What you have implemented here is basically a one pixel camera. It’s a shame you have to replicate the whole GPUparticle system to do it.

I solved this in a gamejam by adding in a second small orthogonal camera into the scene with a very short field of view and a low framerate (and no shadows). This has the advantage of not requiring a clone of the whole GPUparticle system.

I can’t think of any better way of doing it. In a sense any point collision GPUparticle detection system is going to work like a camera.

But what other effects could we do, other than detecting impacts?

We could leave “marks” on a surface from the landing of the particles. If the surface was flat, then its texture could match the plane of an orthogonal camera with a very short far plane (less than 1mm), where you don’t clear the buffer between frames. I wonder if this could be a general trick where you have a wall where anything that hits it (GPUparticle or not) leaves a smear.

Hmm, you’re right that a manual bounds check in the vertex shader is essentially the same as clip space frustum culling, and an orthogonal camera projection does indeed give you a box. So if you ever only need a single camera frustum-sized collision box, the fixed function pipeline is probably as optimized as you’d get. I needed multiple collision boxes in my own gamejam game for this, so it wasn’t possible there.

It’d be nicer if could mask each of a particle system’s draw passes separately, so you could still have a ‘real’ draw pass for visuals and an cut down draw pass for collision checks while still only running the particle system process shader once. AFAICT though you can only set the VisualInstance3D’s layer on the particle system as a whole.
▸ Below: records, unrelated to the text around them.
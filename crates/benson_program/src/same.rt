//! Data copied, and known again.
ghost use Rattle.std.specs.Prelude.{◌≡◌, IfOk, IsTrue};
ghost use Rattle.benson_program.specs.Written.{HasSameData};

use exact_field::Field;
use lp_form::{At, ConeOf, Data, SideOf};
use src_sink::{Items, NoMemory};
use std::alloc::Global;

pub(crate) fn copy<T: Copy>(alloc: Global, list: &[T]) -> Result<Items<T>, NoMemory>
    ensures { IfOk result (λ copy. copy ≡ list.now) }
{
    let mut copy = Items::new(alloc);
    copy.append(list)?;
    Ok(copy)
}

fn copies<T: Copy>(alloc: Global, lists: &[Items<T>]) -> Result<Items<Items<T>>, NoMemory>
    ensures { IfOk result (λ copies. copies ≡ lists.now) }
{
    let mut copies = Items::new(alloc);
    for list in lists {
        copies.push(copy(alloc, list.as_slice())?)?;
    }
    Ok(copies)
}

fn copy_sides<F: Field>(alloc: Global, sides: &[SideOf<F>]) -> Result<Items<SideOf<F>>, NoMemory>
    ensures { IfOk result (λ copies. copies ≡ sides.now) }
{
    let mut copies = Items::new(alloc);
    for side in sides {
        let g = copy(alloc, side.g.as_slice())?;
        copies.push(SideOf { g, beta: side.beta })?;
    }
    Ok(copies)
}

fn copy_cone<F: Field>(alloc: Global, cone: &ConeOf<F>) -> Result<ConeOf<F>, NoMemory>
    ensures { IfOk result (λ copy. copy ≡ cone.now) }
{
    match cone {
        ConeOf::Orthant => Ok(ConeOf::Orthant),
        ConeOf::Gens(vectors) => Ok(ConeOf::Gens(copies(alloc, vectors.as_slice())?)),
        ConeOf::Dual(vectors) => Ok(ConeOf::Dual(copies(alloc, vectors.as_slice())?)),
    }
}

/// A copy of a duality vector.
fn copy_duality<F: Field>(
    alloc: Global,
    duality: &Option<Items<F>>,
) -> Result<Option<Items<F>>, NoMemory>
    ensures { IfOk result (λ copy. copy ≡ duality.now) }
{
    match duality {
        Some(vector) => Ok(Some(copy(alloc, vector.as_slice())?)),
        None => Ok(None),
    }
}

/// Whether two numbers are the same.
fn is_same_number<F: Field>(one: F, other: F) -> bool
    ensures { IsTrue result → one ≡ other }
{
    one == other
}

/// Whether two vectors are the same.
pub(crate) fn is_same_vector<F: Field>(one: &[F], other: &[F]) -> bool
    ensures { IsTrue result → one.now ≡ other.now }
{
    if one.len() != other.len() {
        return false;
    }
    for (x, y) in one.iter().zip(other) {
        if !is_same_number(*x, *y) {
            return false;
        }
    }
    true
}

/// Whether two lists of vectors are the same.
fn are_same_vectors<F: Field>(one: &[Items<F>], other: &[Items<F>]) -> bool
    ensures { IsTrue result → one.now ≡ other.now }
{
    if one.len() != other.len() {
        return false;
    }
    for (vector, like) in one.iter().zip(other) {
        if !is_same_vector(vector.as_slice(), like.as_slice()) {
            return false;
        }
    }
    true
}

/// Whether two sparse rows are the same, entry by entry.
fn is_same_line<F: Field>(one: &[At<F>], other: &[At<F>]) -> bool
    ensures { IsTrue result → one.now ≡ other.now }
{
    if one.len() != other.len() {
        return false;
    }
    for (entry, like) in one.iter().zip(other) {
        if entry.at != like.at || !is_same_number(entry.value, like.value) {
            return false;
        }
    }
    true
}

/// Whether two lists of sparse rows are the same.
fn are_same_lines<F: Field>(one: &[Items<At<F>>], other: &[Items<At<F>>]) -> bool
    ensures { IsTrue result → one.now ≡ other.now }
{
    if one.len() != other.len() {
        return false;
    }
    for (line, like) in one.iter().zip(other) {
        if !is_same_line(line.as_slice(), like.as_slice()) {
            return false;
        }
    }
    true
}

/// Whether two lists of sides are the same.
fn are_same_sides<F: Field>(one: &[SideOf<F>], other: &[SideOf<F>]) -> bool
    ensures { IsTrue result → one.now ≡ other.now }
{
    if one.len() != other.len() {
        return false;
    }
    for (side, like) in one.iter().zip(other) {
        if !is_same_number(side.beta, like.beta)
            || !is_same_line(side.g.as_slice(), like.g.as_slice())
        {
            return false;
        }
    }
    true
}

/// Whether two cones are given in the same way.
fn is_same_cone<F: Field>(one: &ConeOf<F>, other: &ConeOf<F>) -> bool
    ensures { IsTrue result → one.now ≡ other.now }
{
    match (one, other) {
        (ConeOf::Orthant, ConeOf::Orthant) => true,
        (ConeOf::Gens(vectors), ConeOf::Gens(others)) => {
            are_same_vectors(vectors.as_slice(), others.as_slice())
        }
        (ConeOf::Dual(vectors), ConeOf::Dual(others)) => {
            are_same_vectors(vectors.as_slice(), others.as_slice())
        }
        _ => false,
    }
}

/// Whether two duality vectors are the same, or none is given in both.
fn is_same_duality<F: Field>(one: &Option<Items<F>>, other: &Option<Items<F>>) -> bool
    ensures { IsTrue result → one.now ≡ other.now }
{
    match (one, other) {
        (None, None) => true,
        (Some(vector), Some(other)) => is_same_vector(vector.as_slice(), other.as_slice()),
        _ => false,
    }
}

pub(crate) fn copy_data<F: Field>(alloc: Global, form: &Data<F>) -> Result<Data<F>, NoMemory>
    ensures { IfOk result (HasSameData form.now) }
{
    let sides = copy_sides(alloc, form.sides.as_slice())?;
    let p = copies(alloc, form.p.as_slice())?;
    let cone = copy_cone(alloc, &form.cone)?;
    let duality = copy_duality(alloc, &form.duality)?;
    Ok(Data {
        cols: form.cols,
        sides,
        p,
        cone,
        duality,
    })
}

/// Whether two are the same data. The cost is that of their entries that are not 0.
pub(crate) fn is_same_data<F: Field>(one: &Data<F>, other: &Data<F>) -> bool
    ensures { IsTrue result → HasSameData one.now other.now }
{
    one.cols == other.cols
        && is_same_duality(&one.duality, &other.duality)
        && is_same_cone(&one.cone, &other.cone)
        && are_same_lines(one.p.as_slice(), other.p.as_slice())
        && are_same_sides(one.sides.as_slice(), other.sides.as_slice())
}
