//! Benson's program solved, and what is read off it: cuts, pre-images and what shows that an image
//! is everything.
#![tactic(auto)]

mod cut;
mod ends;
mod kept;
mod laws;
mod preimage;
mod same;
mod solving;
mod whole;
mod written;

pub use cut::cut_of;
pub use ends::{BensonEnd, FeasibleEnd};
pub use kept::Kept;
pub use laws::{
    answers_exclude, benson_bounded, benson_cut, benson_preimage, benson_whole, feasible_ends,
};
pub use preimage::preimage_of;
pub use solving::{benson_end, feasible_end};
pub use whole::{WholeParts, whole_of};
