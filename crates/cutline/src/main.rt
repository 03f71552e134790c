// Prints the listing of the PGM file on standard input, or the line of the fault that stopped it.
#![tactic(auto)]

use listing::list::report;
use std::io;
use std::io::Read;

// The most bytes that are read.
const LIMIT: u64 = 65536;

fn main(rt: HostRuntime) -> io::Result<()> {
    let mut file = Vec::new(rt.alloc());
    rt.stdin().take(LIMIT).read_to_end(&mut file)?;
    rt.write_all(report(&file).as_bytes())
}
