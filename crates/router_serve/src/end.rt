//! How a router ends.
ghost use Rattle.std.specs.Prelude.{◌≡◌, ◌↔◌, ◌⊎◌, IsOk, Some};
ghost use Rattle.router_serve.specs.Ends.{status_of};

use hub::CloseFault;
use rolling_audit::RunFault;
use route_table::ConfigFault;
use router_state::Ending;
use std::alloc::{AllocError, AllocFailed};
use std::io;
use std::io::{ErrorKind, Write};
use std::net::SocketAddr;
use thiserror::Error;

/// How a router ended.
#[derive(Clone, Copy, Debug, PartialEq, Eq)]
pub enum ServeEnd {
    /// An operator ended it, and the audit found nothing: `closed ok` was printed.
    Done,
    /// The configuration has a fault: `config: FAULT`.
    ConfigFault,
    /// An address can't be listened at: `listen: ADDRESS`.
    ListenFault,
    /// A growth was refused: `memory`.
    Memory,
    /// The audit found a fault: `disagree: CAUSE`.
    Disagree,
    /// The system refused what the router runs on: `system: WHAT`.
    System,
}

impl ServeEnd {
    /// The exit status of a program that ends so: 0 to 5.
    pub fn status(self) -> u8
        ensures { result ≡ status_of self }
    {
        match self {
            ServeEnd::Done => 0,
            ServeEnd::ConfigFault => 1,
            ServeEnd::ListenFault => 2,
            ServeEnd::Memory => 3,
            ServeEnd::Disagree => 4,
            ServeEnd::System => 5,
        }
    }
}

/// What the system refuses.
#[derive(Clone, Copy, Debug, Error, PartialEq, Eq)]
pub enum Refused {
    /// A reading of the clock.
    #[error("clock")]
    Clock,
    /// What tasks wait with for sockets and time.
    #[error("events")]
    Events,
    /// A thread.
    #[error("threads")]
    Threads,
}

/// Why a router didn't close well.
#[derive(Drop)]
pub enum Failure {
    Config(ConfigFault),
    Listen(SocketAddr),
    Memory,
    System(Refused),
    Close(CloseFault),
}

impl From<AllocError> for Failure {
    fn from(_: AllocError) -> Failure {
        Failure::Memory
    }
}

impl<T: Drop> From<AllocFailed<T>> for Failure {
    fn from(_: AllocFailed<T>) -> Failure {
        Failure::Memory
    }
}

/// What a runtime or a socket refuses before the router listens.
impl From<io::Error> for Failure {
    fn from(fault: io::Error) -> Failure {
        match fault.kind() {
            ErrorKind::OutOfMemory => Failure::Memory,
            _ => Failure::System(Refused::Events),
        }
    }
}

impl Failure {
    /// Why the router ends where the tasks of a thread couldn't be made or run.
    pub fn ending(&self) -> Ending {
        match self {
            Failure::Memory => Ending::Memory,
            _ => Ending::Events,
        }
    }
}

/// Why the tasks of a router ended, unless it is to be closed then.
pub fn outcome_of(ending: Option<Ending>) -> Result<(), Failure>
    ensures { IsOk result ↔ ((ending ≡ Some Ending.Quit) ⊎ (ending ≡ Some Ending.Audit)) }
{
    match ending {
        Some(Ending::Quit | Ending::Audit) => Ok(()),
        Some(Ending::Memory) => Err(Failure::Memory),
        Some(Ending::Threads) => Err(Failure::System(Refused::Threads)),
        Some(Ending::Events) | None => Err(Failure::System(Refused::Events)),
    }
}

impl From<CloseFault> for Failure {
    fn from(fault: CloseFault) -> Failure {
        match fault {
            CloseFault::Run(RunFault::Memory) => Failure::Memory,
            fault => Failure::Close(fault),
        }
    }
}

impl From<ConfigFault> for Failure {
    fn from(fault: ConfigFault) -> Failure {
        match fault {
            ConfigFault::Memory => Failure::Memory,
            fault => Failure::Config(fault),
        }
    }
}

/// Prints `listening ADDRESS`. A write that fails is passed over.
pub fn print_start<W: Write>(out: &mut W, listen: SocketAddr) {
    let _ = writeln!(out, "listening {listen}");
    let _ = out.flush();
}

/// Prints the last line of a router's run. A write that fails is passed over.
pub fn print_end<W: Write>(out: &mut W, ended: Result<(), Failure>) -> ServeEnd
    ensures { (result ≡ ServeEnd.Done) ↔ IsOk ended }
{
    match ended {
        Ok(()) => {
            let _ = writeln!(out, "closed ok");
            ServeEnd::Done
        }
        Err(Failure::Config(fault)) => {
            let _ = writeln!(out, "config: {fault}");
            ServeEnd::ConfigFault
        }
        Err(Failure::Listen(address)) => {
            let _ = writeln!(out, "listen: {address}");
            ServeEnd::ListenFault
        }
        Err(Failure::Memory) => {
            let _ = writeln!(out, "memory");
            ServeEnd::Memory
        }
        Err(Failure::System(refused)) => {
            let _ = writeln!(out, "system: {refused}");
            ServeEnd::System
        }
        Err(Failure::Close(CloseFault::Disagree(found))) => {
            let cause = found.cause;
            let _ = writeln!(out, "disagree: {cause}");
            ServeEnd::Disagree
        }
        Err(Failure::Close(fault)) => {
            let _ = writeln!(out, "disagree: {fault}");
            ServeEnd::Disagree
        }
    }
}
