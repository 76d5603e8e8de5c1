//! A task that stays where it is.

use futures::Future;
use futures::task::{Context, Poll};
use std::alloc::{AllocError, Global};

/// A task in memory of its own. At each turn a runtime looks for a new task, and clears several places as large as one:
/// so it is handed a pointer in place of a thousand bytes.
#[derive(Drop)]
pub(crate) struct Boxed<F> {
    task: Box<F>,
}

impl<F: Future<Output = ()>> Boxed<F> {
    /// The task. Out of memory is the one error, which drops it.
    pub fn new(alloc: Global, task: F) -> Result<Boxed<F>, AllocError> {
        let task = Box::new(alloc, task)?;
        Ok(Boxed { task })
    }
}

impl<F: Future<Output = ()>> Future for Boxed<F> {
    type Output = ();

    ghost can_poll = { λ b. F.can_poll b.task.value };

    ghost needs = { λ b. F.needs b.task.value };

    fn poll(&mut self, cx: &mut Context<'_>) -> Poll<()> {
        self.task.poll(cx)
    }
}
I think it’d be ideal if you could access the buffer with the particle system’s positions directly in a compute shader (to then do whatever collision testing logic you want without having to fit it in the fixed function pipeline). I think that buffer is in particle_storage.h’s Particle struct , but I don’t know godot’s internals well enough to say if it’s possible to access that without deeper code changes.